**WORK INSTRUCTIONS**
Where a line holds the word "point", copy that line from the data below.

-- RECORD SET follows --

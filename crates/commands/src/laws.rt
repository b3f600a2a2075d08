// What is true of addresses and of what is printed.
ghost use Rattle.commands.specs.Printing.{CertificatesArePrinted};
ghost use Rattle.commands.specs.Spelling.{AddressesAreSpelled};

/// The address that is read in a text is the one that it spells.
pub fn addresses_are_spelled()
    ensures { AddressesAreSpelled }
{}

/// What is printed of a certificate is its text.
pub fn certificates_are_printed()
    ensures { CertificatesArePrinted }
{}
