// Files in a list, each with its name: which stands under a name, and putting bytes there.
ghost use Rattle.std.specs.Prelude.{◌≡◌, ◌↔◌, IsTrue, None, IfSome, IfNone, OnOk, OnErr, option_map};
ghost use Rattle.std.specs.FinMap as finmap;
ghost use Rattle.std.specs.List.{IsDistinct};
ghost use Rattle.std.specs.Str.{bytes_eq};
ghost use Rattle.solver_io.specs.Held.{IsPlaceOf, files_of, first_held, names_of};

use std::alloc::{AllocError, Global};

/// Whether no two of the files have the same name: the test for what a folder in memory requires, which tests make.
pub fn has_distinct_names(files: &[(String, Vec<u8>)]) -> bool
    ensures { IsTrue result ↔ IsDistinct bytes_eq (names_of files.now) }
{
    for i in (0..files.len()).rev() {
        if place_of(&files[i + 1..], &files[i].0).is_some() {
            return false;
        }
    }
    true
}

// The place of the first file of this name.
fn place_of(files: &[(String, Vec<u8>)], name: &str) -> Option<usize>
    ensures found { IfSome result (IsPlaceOf files.now name.now) }
    ensures none { IfNone result (first_held name.now files.now ≡ None) }
{
    for (i, file) in files.iter().enumerate() {
        if file.0.as_str() == name {
            return Some(i);
        }
    }
    None
}

// The bytes of the first file of this name.
pub(crate) fn content_of<'a>(files: &'a [(String, Vec<u8>)], name: &str) -> Option<&'a [u8]>
    ensures { option_map (λ s. s.now) result ≡ finmap.get (files_of files.now) name.now }
{
    match place_of(files, name) {
        Some(i) => Some(&files[i].1),
        None => None,
    }
}

// Puts the bytes in the place of those of the first file of this name, or a new file at the end.
pub(crate) fn put(
    alloc: Global,
    files: &mut Vec<(String, Vec<u8>)>,
    name: &str,
    bytes: &[u8],
) -> Result<(), AllocError>
    ensures ok { OnOk result (files_of files.new.items
        ≡ finmap.insert (files_of files.old.items) name.now bytes.now) }
    ensures err { OnErr result (files.new.items ≡ files.old.items) }
{
    let copy = bytes.to_vec(alloc)?;
    match place_of(files, name) {
        Some(i) => files[i].1 = copy,
        None => {
            let name = String::from_str(alloc, name)?;
            files.push((name, copy))?;
        }
    }
    Ok(())
}
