// Reading an address with its sheet.
ghost use Rattle.std.specs.Prelude.{◌≡◌, ◌<◌, ◌≤◌, ℕ, IfNone, IfOk, IfSome, false, length, option_map, slice_index, true};
ghost use Rattle.std.specs.Char.{is_ascii_alphabetic, is_ascii_digit};
ghost use Rattle.std.specs.List.{list_all, prefix_len};
ghost use Rattle.commands.specs.Addresses.{at_last_mark, is_mark, is_place};
ghost use Rattle.cell_refs.specs.Units.{is_number};

use cell_refs::skip_dollar;

/// What stands before the last mark, and behind it.
pub(crate) fn at_last_mark(text: &str) -> Option<(&str, &str)>
    ensures { option_map (λ p. (p.0.now, p.1.now)) result ≡ at_last_mark text.now }
{
    let Some(place) = last_mark(text.as_bytes()) else {
        return None;
    };
    Some((&text[..place], &text[place + 1..]))
}

// The place of the last mark.
fn last_mark(text: &[u8]) -> Option<usize>
    ensures within { IfSome result (λ i. i < length text.now) }
    ensures mark { IfSome result (λ i. is_mark (slice_index text.now i) ≡ true) }
    ensures last { IfSome result (λ i. (k : ℕ) → i < k
        → k < length text.now → is_mark (slice_index text.now k) ≡ false) }
    ensures none { IfNone result ((k : ℕ) → k < length text.now
        → is_mark (slice_index text.now k) ≡ false) }
{
    let mut last = None;
    for (i, byte) in text.iter().enumerate() {
        if is_mark(*byte) {
            last = Some(i);
        }
    }
    last
}

// An exclamation mark or a point.
fn is_mark(byte: u8) -> bool
    ensures { result ≡ is_mark byte }
{
    byte == b'!' || byte == b'.'
}

/// Whether the text is letters and digits, at least one of each, with dollar signs before them or none.
pub(crate) fn is_place(text: &str) -> bool
    ensures { result ≡ is_place text.now }
{
    has_letters_and_digits(text.as_bytes())
}

// Whether the bytes are letters and digits, at least one of each, with dollar signs before them or none.
fn has_letters_and_digits(text: &[u8]) -> bool
    ensures { result ≡ is_place text.now }
{
    let behind = skip_dollar(text);
    let letters = count_letters(behind);
    letters > 0 && is_number(skip_dollar(&behind[letters..]))
}

// How many letters the text begins with.
fn count_letters(text: &[u8]) -> usize
    ensures count { result ≡ prefix_len is_ascii_alphabetic text.now }
    ensures within { result ≤ length text.now }
{
    for (i, byte) in text.iter().enumerate() {
        if !byte.is_ascii_alphabetic() {
            return i;
        }
    }
    text.len()
}

// Whether these are digits, at least one.
#[tactic(auto, using(crate::proofs::Marks::all_digits))]
fn is_number(digits: &[u8]) -> bool
    ensures { result ≡ is_number digits.now }
{
    !digits.is_empty() && are_digits(digits)
}

// Whether each byte is a digit.
fn are_digits(digits: &[u8]) -> bool
    ensures { result ≡ list_all is_ascii_digit digits.now }
{
    digits.iter().all(|b| b.is_ascii_digit())
}
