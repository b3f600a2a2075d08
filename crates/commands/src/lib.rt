//! The commands of a script: what a record says, what its texts name, and what is printed of an answer.
//! The main types are `Command`, which `Command::of` makes of a record, and `Answer`, of which `line` prints the line. `locate` finds the
//! cell that an address names. A refusal is a case of `Answer`, so it is named once between where it is found and its line.
//! Below it stand `form_needs` (the refusals of forms), `model_lines` (the lines of a model) and `certificate_texts`. Above it stands
//! `sheet_linear_model`, and with it all that solves a sheet.
//! Commands and lines are the program's own (docs/COMMANDS.md). A script is CSV as the `csv` crate reads it.
#![tactic(auto)]

mod address;
mod answer;
mod certificate;
mod command;
mod laws;
mod lines;
mod locating;
mod price_lines;
mod refusals;
mod save_file;
mod sheet;

pub use answer::{Answer, PathStep};
pub use cell_refs::{MOST_UNITS, number_up_to, units_in};
pub use command::Command;
pub use laws::{addresses_are_spelled, certificates_are_printed};
pub use lines::line;
pub use locating::locate;
pub use price_lines::{PriceLine, PriceLines};
pub use save_file::SaveFile;
pub use sheet_model::Memory;
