// The sheet before an address, found with no copy of its name.
ghost use Rattle.std.specs.Prelude.{◌≡◌, ◌==◌, ◌||◌, ◌<◌, ◌∷◌, [], IfNone, IfSome, false, is_some, length, option_and_then, option_map};
ghost use Rattle.std.specs.List.{list_all};
ghost use Rattle.std.specs.Option.{option_map_or};
ghost use Rattle.cell_refs.specs.Names.{begins_word, goes_on_word, place_in, same_letters};
ghost use Rattle.cell_refs.specs.Sheets.{in_quotes, is_sheet_word, sheet_in, unquoted};

use cell_refs::{SheetId, SheetNames, without_dollar};

/// The sheet that stands before an address, as `plan`, `$plan` or `'My Plan'`: nothing where the text spells no name, and
/// `Some(None)` where no sheet has the name that it spells.
pub(crate) fn sheet_before(sheets: &SheetNames, text: &str) -> Option<Option<SheetId>>
    ensures place { option_map (option_map (λ s. s.0)) result
        ≡ option_map (place_in sheets.now) (sheet_in text.now) }
    ensures listed { IfSome result (λ found. IfSome found (λ s. s.0 < length sheets.now)) }
{
    let name = without_dollar(text);
    if is_sheet_word(text.as_bytes()) {
        return Some(sheets.find(name));
    }
    sheet_in_quotes(sheets, name.as_bytes())
}

// The sheet whose name stands in single quotes before an address.
#[tactic(auto, using(crate::proofs::Naming::closed_name, crate::proofs::Naming::open_name, crate::proofs::Naming::no_quotes))]
fn sheet_in_quotes(sheets: &SheetNames, text: &[u8]) -> Option<Option<SheetId>>
    ensures place { option_map (option_map (λ s. s.0)) result
        ≡ option_map (place_in sheets.now) (in_quotes text.now) }
    ensures listed { IfSome result (λ found. IfSome found (λ s. s.0 < length sheets.now)) }
{
    match text {
        [b'\'', quoted @ ..] => {
            if is_closed(quoted) {
                Some(find_quoted(sheets, quoted))
            } else {
                None
            }
        }
        _ => None,
    }
}

// Whether the text is a word without a point.
fn is_sheet_word(text: &[u8]) -> bool
    ensures { result ≡ is_sheet_word text.now }
{
    match text {
        [] => false,
        [first, rest @ ..] => begins_sheet(*first) && goes_on_to_end(rest),
    }
}

// Whether the byte begins a word: a letter, a part of a character past ASCII, an underscore, or a dollar sign.
fn begins_sheet(b: u8) -> bool
    ensures { result ≡ (begins_word b || b == 36) }
{
    b.is_ascii_alphabetic() || b >= 128 || b == b'_' || b == b'$'
}

// Whether each byte goes on a word: one of these, or a digit.
fn goes_on_to_end(text: &[u8]) -> bool
    ensures { result ≡ list_all (λ c. goes_on_word c || c == 36) text.now }
{
    text.iter().all(|b| begins_sheet(*b) || b.is_ascii_digit())
}

// Whether the text ends with its closing quote, and has two quotes for each in the name before it.
fn is_closed(text: &[u8]) -> bool
    ensures { result ≡ is_some (unquoted text.now) }
{
    let mut is_behind_quote = false;
    for byte in text {
        if *byte == b'\'' {
            is_behind_quote = !is_behind_quote;
        } else if is_behind_quote {
            return false;
        }
    }
    is_behind_quote
}

// The sheet whose name stands behind the opening quote.
fn find_quoted(sheets: &SheetNames, text: &[u8]) -> Option<SheetId>
    ensures place { option_map (λ s. s.0) result
        ≡ option_and_then (place_in sheets.now) (unquoted text.now) }
    ensures listed { IfSome result (λ s. s.0 < length sheets.now) }
{
    for place in 0..sheets.len() {
        let sheet = SheetId(place as u8);
        if is_quoted(sheets.at(sheet).as_bytes(), text) {
            return Some(sheet);
        }
    }
    None
}

// Whether this name, or one that differs in the case of its letters alone, stands behind the opening quote.
fn is_quoted(name: &[u8], text: &[u8]) -> bool
    ensures { result ≡ option_map_or (same_letters name.now) (unquoted text.now) false }
{
    let mut left = text;
    for own in name {
        let Some((byte, later)) = next_quoted(left) else {
            return false;
        };
        if !own.eq_ignore_ascii_case(&byte) {
            return false;
        }
        left = later;
    }
    is_closing(left)
}

// The next byte of a name in quotes, and what is left behind it; nothing where the name has ended.
fn next_quoted(text: &[u8]) -> Option<(u8, &[u8])>
    ensures some { IfSome result (λ p. unquoted text.now
        ≡ option_map (λ name. p.0 ∷ name) (unquoted p.1.now)) }
    ensures none { IfNone result (IfSome (unquoted text.now) (λ name. name ≡ [])) }
{
    let [byte, later @ ..] = text else {
        return None;
    };
    if *byte != b'\'' {
        return Some((*byte, later));
    }
    let [b'\'', behind @ ..] = later else {
        return None;
    };
    Some((b'\'', behind))
}

// Whether a name ends here: the text is its closing quote.
#[tactic(auto, using(crate::proofs::Naming::not_closing))]
fn is_closing(text: &[u8]) -> bool
    ensures { result ≡ option_map_or (same_letters []) (unquoted text.now) false }
{
    match text {
        [b'\''] => true,
        _ => false,
    }
}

-- RECORD SET concluded --

**REPLY TO THE EXERCISE**
// An exclamation mark or a point.
// Whether the text is a word without a point.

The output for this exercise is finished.